Australian rules footballer

Frank Steadman Hurrey (23 June 1885 – 19 August 1953) was an Australian rules footballer who played with Melbourne in the Victorian Football League (VFL).

==Family==
One of four children, and the son of Alfred Clarke Hurrey (1855-1931), and Mary Anna Frances Hurrey (1853-1936), née Newman, Frank Steadman Hurrey was born on 23 June 1885.

He was engaged to a Miss Vera Agnes Patterson in 1913; however, they did not marry — Miss Patterson married a Donald William McKellar in June 1915.

Hurrey remained single for the rest of his life. He died on 19 August 1953.

==Football==
Recruited by Melbourne from the Burwood Football Club, and selected at half-back flank, he was one of Melbourne's best players (in a team that only had 17 men, due to Ernest Denton's broken jaw in the first quarter) in his first senior game, the last match of the 1905 season, against Carlton on 9 September 1905.

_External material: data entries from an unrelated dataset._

//! The step of a title.
ghost use Rattle.std.specs.Prelude.{◌≡◌, Some, None, Ok, Err, ok_or, is_none, if◌then◌else◌, IsTrue};
ghost use Rattle.ebl_base.specs.Party.{party_eq};
ghost use Rattle.title_fold.specs.Step.{step_title};
ghost use Rattle.title_fold.specs.Table.{is_surrender};
ghost use Rattle.title_fold.specs.declared.title.Title.TheVariants.{Signed, Live, Asked, Ended};

use crate::refusal::FoldRefusal;
use crate::title::Title;
use ebl_base::{Kind, Party, Transaction};

/// The title after a transaction, or the first rule that refuses it. Where no title stands, a SIGN alone is allowed.
pub fn apply(before: Option<Title>, t: &Transaction) -> Result<Title, FoldRefusal>
    ensures { result ≡ step_title before t.now }
{
    match before {
        None => on_none(t),
        Some(Title::Signed { carrier }) => on_signed(carrier, t),
        Some(
            Title::Live {
                carrier,
                possessor,
                holder,
            },
        ) => on_live(carrier, possessor, holder, t),
        Some(Title::Asked { kind, carrier, by }) => on_asked(kind, carrier, by, t),
        Some(Title::Ended { .. }) => on_ended(t),
    }
}

fn on_none(t: &Transaction) -> Result<Title, FoldRefusal>
    ensures { result ≡ step_title None t.now }
{
    if t.kind != Kind::Sign {
        return Err(FoldRefusal::F2);
    }
    without_recipient(t)?;
    Ok(Title::Signed { carrier: t.actor })
}

fn on_signed(carrier: Party, t: &Transaction) -> Result<Title, FoldRefusal>
    ensures { result ≡ step_title (Some (Signed carrier)) t.now }
{
    match t.kind {
        Kind::Sign => Err(FoldRefusal::F1),
        Kind::Issue => issue(carrier, t),
        _ => Err(FoldRefusal::F4),
    }
}

fn on_live(
    carrier: Party,
    possessor: Party,
    holder: Party,
    t: &Transaction,
) -> Result<Title, FoldRefusal>
    ensures { result ≡ step_title (Some (Live carrier possessor holder)) t.now }
{
    match t.kind {
        Kind::Sign => Err(FoldRefusal::F1),
        Kind::Endorse => endorse(carrier, possessor, holder, t),
        Kind::Transfer => transfer(carrier, possessor, holder, t),
        Kind::SurrenderForDelivery | Kind::SurrenderForAmendment => surrender(
            carrier, possessor, holder, t,
        ),
        _ => Err(FoldRefusal::F4),
    }
}

fn on_asked(kind: Kind, carrier: Party, by: Party, t: &Transaction) -> Result<Title, FoldRefusal>
    ensures { result ≡ step_title (Some (Asked kind carrier by)) t.now }
{
    match t.kind {
        Kind::Sign => Err(FoldRefusal::F1),
        Kind::SurrenderAccepted => accept(kind, carrier, t),
        Kind::SurrenderRefused => refuse(carrier, by, t),
        _ => Err(FoldRefusal::F4),
    }
}

fn on_ended(t: &Transaction) -> Result<Title, FoldRefusal>
    ensures { (kind : Kind) (carrier : Party) → result ≡ step_title (Some (Ended kind carrier)) t.now }
{
    if t.kind == Kind::Sign {
        Err(FoldRefusal::F1)
    } else {
        Err(FoldRefusal::F3)
    }
}

fn issue(carrier: Party, t: &Transaction) -> Result<Title, FoldRefusal>
    requires { t.now.kind ≡ Kind.Issue }
    ensures { result ≡ step_title (Some (Signed carrier)) t.now }
{
    let recipient = recipient_of(t)?;
    acts_as(carrier, FoldRefusal::F6, t)?;
    Ok(Title::Live {
        carrier,
        possessor: recipient,
        holder: recipient,
    })
}

fn endorse(
    carrier: Party,
    possessor: Party,
    holder: Party,
    t: &Transaction,
) -> Result<Title, FoldRefusal>
    requires { t.now.kind ≡ Kind.Endorse }
    ensures { result ≡ step_title (Some (Live carrier possessor holder)) t.now }
{
    let new_holder = recipient_of(t)?;
    acts_as(possessor, FoldRefusal::F7, t)?;
    acts_as(holder, FoldRefusal::F8, t)?;
    to_another(new_holder, t)?;
    Ok(Title::Live {
        carrier,
        possessor,
        holder: new_holder,
    })
}

fn transfer(
    carrier: Party,
    possessor: Party,
    holder: Party,
    t: &Transaction,
) -> Result<Title, FoldRefusal>
    requires { t.now.kind ≡ Kind.Transfer }
    ensures { result ≡ step_title (Some (Live carrier possessor holder)) t.now }
{
    let new_possessor = recipient_of(t)?;
    acts_as(possessor, FoldRefusal::F7, t)?;
    to_another(new_possessor, t)?;
    Ok(Title::Live {
        carrier,
        possessor: new_possessor,
        holder,
    })
}

// A surrender for delivery or for amendment.
fn surrender(
    carrier: Party,
    possessor: Party,
    holder: Party,
    t: &Transaction,
) -> Result<Title, FoldRefusal>
    requires { IsTrue (is_surrender t.now.kind) }
    ensures { result ≡ step_title (Some (Live carrier possessor holder)) t.now }
{
    without_recipient(t)?;
    acts_as(possessor, FoldRefusal::F7, t)?;
    acts_as(holder, FoldRefusal::F8, t)?;
    Ok(Title::Asked {
        kind: t.kind,
        carrier,
        by: t.actor,
    })
}

fn accept(kind: Kind, carrier: Party, t: &Transaction) -> Result<Title, FoldRefusal>
    requires { t.now.kind ≡ Kind.SurrenderAccepted }
    ensures { (by : Party) → result ≡ step_title (Some (Asked kind carrier by)) t.now }
{
    without_recipient(t)?;
    acts_as(carrier, FoldRefusal::F6, t)?;
    Ok(Title::Ended { kind, carrier })
}

fn refuse(carrier: Party, by: Party, t: &Transaction) -> Result<Title, FoldRefusal>
    requires { t.now.kind ≡ Kind.SurrenderRefused }
    ensures { (kind : Kind) → result ≡ step_title (Some (Asked kind carrier by)) t.now }
{
    without_recipient(t)?;
    acts_as(carrier, FoldRefusal::F6, t)?;
    Ok(Title::Live {
        carrier,
        possessor: by,
        holder: by,
    })
}

// The recipient of a kind that needs one.
fn recipient_of(t: &Transaction) -> Result<Party, FoldRefusal>
    ensures { result ≡ ok_or t.now.recipient FoldRefusal.F5 }
{
    t.recipient.ok_or(FoldRefusal::F5)
}

// A kind that has no recipient.
fn without_recipient(t: &Transaction) -> Result<(), FoldRefusal>
    ensures { result ≡ (if is_none t.now.recipient then Ok tt else Err FoldRefusal.F5) }
{
    match t.recipient {
        None => Ok(()),
        Some(_) => Err(FoldRefusal::F5),
    }
}

// The actor is this party, else the rule refuses.
fn acts_as(party: Party, rule: FoldRefusal, t: &Transaction) -> Result<(), FoldRefusal>
    ensures { result ≡ (if party_eq t.now.actor party then Ok tt else Err rule) }
{
    if t.actor == party { Ok(()) } else { Err(rule) }
}

// What is handed on goes to another than the actor.
fn to_another(recipient: Party, t: &Transaction) -> Result<(), FoldRefusal>
    ensures { result ≡ (if party_eq recipient t.now.actor then Err FoldRefusal.F9 else Ok tt) }
{
    if recipient == t.actor {
        Err(FoldRefusal::F9)
    } else {
        Ok(())
    }
}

He played two further games: against Essendon on 14 July 1906 (round 10), and against Fitzroy on 25 August 1906 (round 15).

==Teacher==
A qualified State School teacher, he was a teacher by profession.

==Military service==
The headmaster of the Emu Creek State School, Mandurang, Hurrey enlisted in the First AIF, at the age of 30, in October 1915. He returned to Australia from his overseas service in July 1918; and, for some time, was operating as a recruiting officer.